◆ **Exercise aim**: Return every line below exactly, without dropping any.
[The data — start]
// The judgement of an image with its map: "it accepts exactly when all the rules above hold".

#![tactic(auto)]

mod instruction_rules;
mod marks;

ghost use Rattle.std.specs.Prelude.{◌≡◌, ◌<◌, Ok, Err};
ghost use Rattle.rules.specs.Basics.{when◌then◌else◌, at};
ghost use Rattle.rules.specs.Answers.{tested};
ghost use Rattle.rules.specs.Bus.{images};
ghost use Rattle.admission_rules.specs.Admission.{marks_in, input_fits, vector_at, vectors_hold, of_records};
ghost use Rattle.admission_rules.specs.Admission.{reached, rules_at, rule_tests, admit};
ghost use Rattle.admission_rules.specs.Safety.{Safe};
ghost use Rattle.admission.specs.Maps.{in_order};

use admission_rules::{Successor, Successors};
use marks::Map;
use rules::Refusal;

// Whether a successor is marked as is asked, likely by this record.
fn is_reached(map: &Map, s: Successor, likely: usize) -> bool
    ensures { result ≡ reached map.now s }
{
    map.need_at(s.address, s.kind, s.height, likely)
        .is_some_and(|need| need as u32 + s.more as u32 <= s.limit as u32)
}

fn peek(image: &[u8; 65536], p: u16) -> u8
    ensures { result ≡ at image.now p }
{
    image[p as usize]
}

// Address sums wrap.
fn vector_at(image: &[u8; 65536], p: u16) -> u16
    ensures { result ≡ vector_at images image.now p }
{
    addresses::join(peek(image, p), peek(image, p.wrapping_add(1)))
}

// 12: "FFFC points to main, FFFE to handler, both height 0; their needs + 3 make at most 256"
fn vectors_hold(image: &[u8; 65536], map: &Map) -> bool
    ensures { result ≡ vectors_hold images image.now map.now }
{
    let Some(main) = map.need_at(vector_at(image, 0xFFFC), marks::MAIN, 0, 0) else {
        return false;
    };
    let Some(handler) = map.need_at(vector_at(image, 0xFFFE), marks::HANDLER, 0, 0) else {
        return false;
    };
    main as u16 + handler as u16 + 3 <= 256
}

// Record i's own rules. 13: "place, undefined or barred opcode"; the others are the instruction's.
fn rules_at(image: &[u8; 65536], c: u8, map: &Map, i: u16) -> Result<Successors, Refusal>
    requires { i < marks_in map.now }
    ensures { result ≡ rules_at images image.now c map.now i }
{
    let m = map.mark_at(i);
    let a = m.address;
    if a / 256 < 256 - c as u16 {
        return Err(Refusal::Place(i));
    }
    let opcode = peek(image, a);
    let low = peek(image, a.wrapping_add(1));
    let high = peek(image, a.wrapping_add(2));
    let instruction = decode::decode(opcode, low, high);
    let size = instruction_rules::size_of(instruction);
    if a as usize + size as usize > 65536 {
        return Err(Refusal::Place(i));
    }
    instruction_rules::rules_for(instruction, high, m, a.wrapping_add(size), i)
}

// A record's successors, in order.
fn in_order(successors: Successors) -> [Option<Successor>; 2]
    ensures { result ≡ in_order successors }
{
    match successors {
        Successors::None => [None, None],
        Successors::One(s) => [Some(s), None],
        Successors::Two(s, t) => [Some(s), Some(t)],
    }
}

// 13 to 16: "the lowest record, and at it the lowest number". The loop over the records and the one over a record's successors are both
// left by the label at the first broken rule. A successor is mostly the next record.
fn judge(image: &[u8; 65536], c: u8, map: &Map) -> Result<(), Refusal>
    ensures { result
        ≡ tested (of_records (rule_tests images image.now c map.now) 0 (marks_in map.now))
        Err (Ok tt) }
{
    let mut verdict = Ok(());
    'records: for i in 0..map.len() {
        match rules_at(image, c, map, i) {
            Err(e) => {
                verdict = Err(e);
                break 'records;
            }
            Ok(successors) => {
                for s in in_order(successors) {
                    if let Some(s) = s
                        && !is_reached(map, s, i as usize + 1)
                    {
                        verdict = Err(Refusal::Successor(i));
                        break 'records;
                    }
                }
            }
        }
    }
    verdict
}

// 10: "image length, c, map length 0, over 65,536 or no multiple of 8"
fn input_fits(image: &[u8], c: u8, map: &[u8]) -> bool
    ensures { result ≡ input_fits images image.now c map.now }
{
    let n = map.len();
    image.len() == 65536 && (1..=254).contains(&c) && (1..=65536).contains(&n) && n % 8 == 0
}

// "Admission: 10; 11, first record; 12; then the lowest record, and at it the lowest number."
fn verdict(image: &[u8], c: u8, map: &[u8]) -> Result<(), Refusal>
    ensures { result ≡ admit images image.now c map.now }
{
    if !input_fits(image, c, map) {
        return Err(Refusal::Admission);
    }
    let image = image.as_array::<65536>().unwrap();
    let records = map.as_chunks::<8>().0;
    if let Some(i) = marks::first_malformed(records) {
        return Err(Refusal::MapRecord(i as u16));
    }
    let map = Map { records };
    if !vectors_hold(image, &map) {
        return Err(Refusal::Vectors);
    }
    judge(image, c, &map)
}

// Demand 3: it "accepts exactly when all the rules above hold", and what it accepts is safe in every sequence of steps and runs.
pub fn admit(image: &[u8], c: u8, map: &[u8]) -> Result<(), Refusal>
    ensures exact { result ≡ admit images image.now c map.now }
    ensures safe { result ≡ Ok tt → Safe image.now c map.now }
{
    verdict(image, c, map)
}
[The data — finish]
◆ **Response**:
// The judgement of an image with its map: "it accepts exactly when all the rules above hold".

#![tactic(auto)]

mod instruction_rules;
mod marks;

ghost use Rattle.std.specs.Prelude.{◌≡◌, ◌<◌, Ok, Err};
ghost use Rattle.rules.specs.Basics.{when◌then◌else◌, at};
ghost use Rattle.rules.specs.Answers.{tested};
ghost use Rattle.rules.specs.Bus.{images};
ghost use Rattle.admission_rules.specs.Admission.{marks_in, input_fits, vector_at, vectors_hold, of_records};
ghost use Rattle.admission_rules.specs.Admission.{reached, rules_at, rule_tests, admit};
ghost use Rattle.admission_rules.specs.Safety.{Safe};
ghost use Rattle.admission.specs.Maps.{in_order};

use admission_rules::{Successor, Successors};
use marks::Map;
use rules::Refusal;

// Whether a successor is marked as is asked, likely by this record.
fn is_reached(map: &Map, s: Successor, likely: usize) -> bool
    ensures { result ≡ reached map.now s }
{
    map.need_at(s.address, s.kind, s.height, likely)
        .is_some_and(|need| need as u32 + s.more as u32 <= s.limit as u32)
}

fn peek(image: &[u8; 65536], p: u16) -> u8
    ensures { result ≡ at image.now p }
{
    image[p as usize]
}

// Address sums wrap.
fn vector_at(image: &[u8; 65536], p: u16) -> u16
    ensures { result ≡ vector_at images image.now p }
{
    addresses::join(peek(image, p), peek(image, p.wrapping_add(1)))
}

// 12: "FFFC points to main, FFFE to handler, both height 0; their needs + 3 make at most 256"
fn vectors_hold(image: &[u8; 65536], map: &Map) -> bool
    ensures { result ≡ vectors_hold images image.now map.now }
{
    let Some(main) = map.need_at(vector_at(image, 0xFFFC), marks::MAIN, 0, 0) else {
        return false;
    };
    let Some(handler) = map.need_at(vector_at(image, 0xFFFE), marks::HANDLER, 0, 0) else {
        return false;
    };
    main as u16 + handler as u16 + 3 <= 256
}

// Record i's own rules. 13: "place, undefined or barred opcode"; the others are the instruction's.
fn rules_at(image: &[u8; 65536], c: u8, map: &Map, i: u16) -> Result<Successors, Refusal>
    requires { i < marks_in map.now }
    ensures { result ≡ rules_at images image.now c map.now i }
{
    let m = map.mark_at(i);
    let a = m.address;
    if a / 256 < 256 - c as u16 {
        return Err(Refusal::Place(i));
    }
    let opcode = peek(image, a);
    let low = peek(image, a.wrapping_add(1));
    let high = peek(image, a.wrapping_add(2));
    let instruction = decode::decode(opcode, low, high);
    let size = instruction_rules::size_of(instruction);
    if a as usize + size as usize > 65536 {
        return Err(Refusal::Place(i));
    }
    instruction_rules::rules_for(instruction, high, m, a.wrapping_add(size), i)
}

// A record's successors, in order.
fn in_order(successors: Successors) -> [Option<Successor>; 2]
    ensures { result ≡ in_order successors }
{
    match successors {
        Successors::None => [None, None],
        Successors::One(s) => [Some(s), None],
        Successors::Two(s, t) => [Some(s), Some(t)],
    }
}

// 13 to 16: "the lowest record, and at it the lowest number". The loop over the records and the one over a record's successors are both
// left by the label at the first broken rule. A successor is mostly the next record.
fn judge(image: &[u8; 65536], c: u8, map: &Map) -> Result<(), Refusal>
    ensures { result
        ≡ tested (of_records (rule_tests images image.now c map.now) 0 (marks_in map.now))
        Err (Ok tt) }
{
    let mut verdict = Ok(());
    'records: for i in 0..map.len() {
        match rules_at(image, c, map, i) {
            Err(e) => {
                verdict = Err(e);
                break 'records;
            }
            Ok(successors) => {
                for s in in_order(successors) {
                    if let Some(s) = s
                        && !is_reached(map, s, i as usize + 1)
                    {
                        verdict = Err(Refusal::Successor(i));
                        break 'records;
                    }
                }
            }
        }
    }
    verdict
}

// 10: "image length, c, map length 0, over 65,536 or no multiple of 8"
fn input_fits(image: &[u8], c: u8, map: &[u8]) -> bool
    ensures { result ≡ input_fits images image.now c map.now }
{
    let n = map.len();
    image.len() == 65536 && (1..=254).contains(&c) && (1..=65536).contains(&n) && n % 8 == 0
}

// "Admission: 10; 11, first record; 12; then the lowest record, and at it the lowest number."
fn verdict(image: &[u8], c: u8, map: &[u8]) -> Result<(), Refusal>
    ensures { result ≡ admit images image.now c map.now }
{
    if !input_fits(image, c, map) {
        return Err(Refusal::Admission);
    }
    let image = image.as_array::<65536>().unwrap();
    let records = map.as_chunks::<8>().0;
    if let Some(i) = marks::first_malformed(records) {
        return Err(Refusal::MapRecord(i as u16));
    }
    let map = Map { records };
    if !vectors_hold(image, &map) {
        return Err(Refusal::Vectors);
    }
    judge(image, c, &map)
}

// Demand 3: it "accepts exactly when all the rules above hold", and what it accepts is safe in every sequence of steps and runs.
pub fn admit(image: &[u8], c: u8, map: &[u8]) -> Result<(), Refusal>
    ensures exact { result ≡ admit images image.now c map.now }
    ensures safe { result ≡ Ok tt → Safe image.now c map.now }
{
    verdict(image, c, map)
}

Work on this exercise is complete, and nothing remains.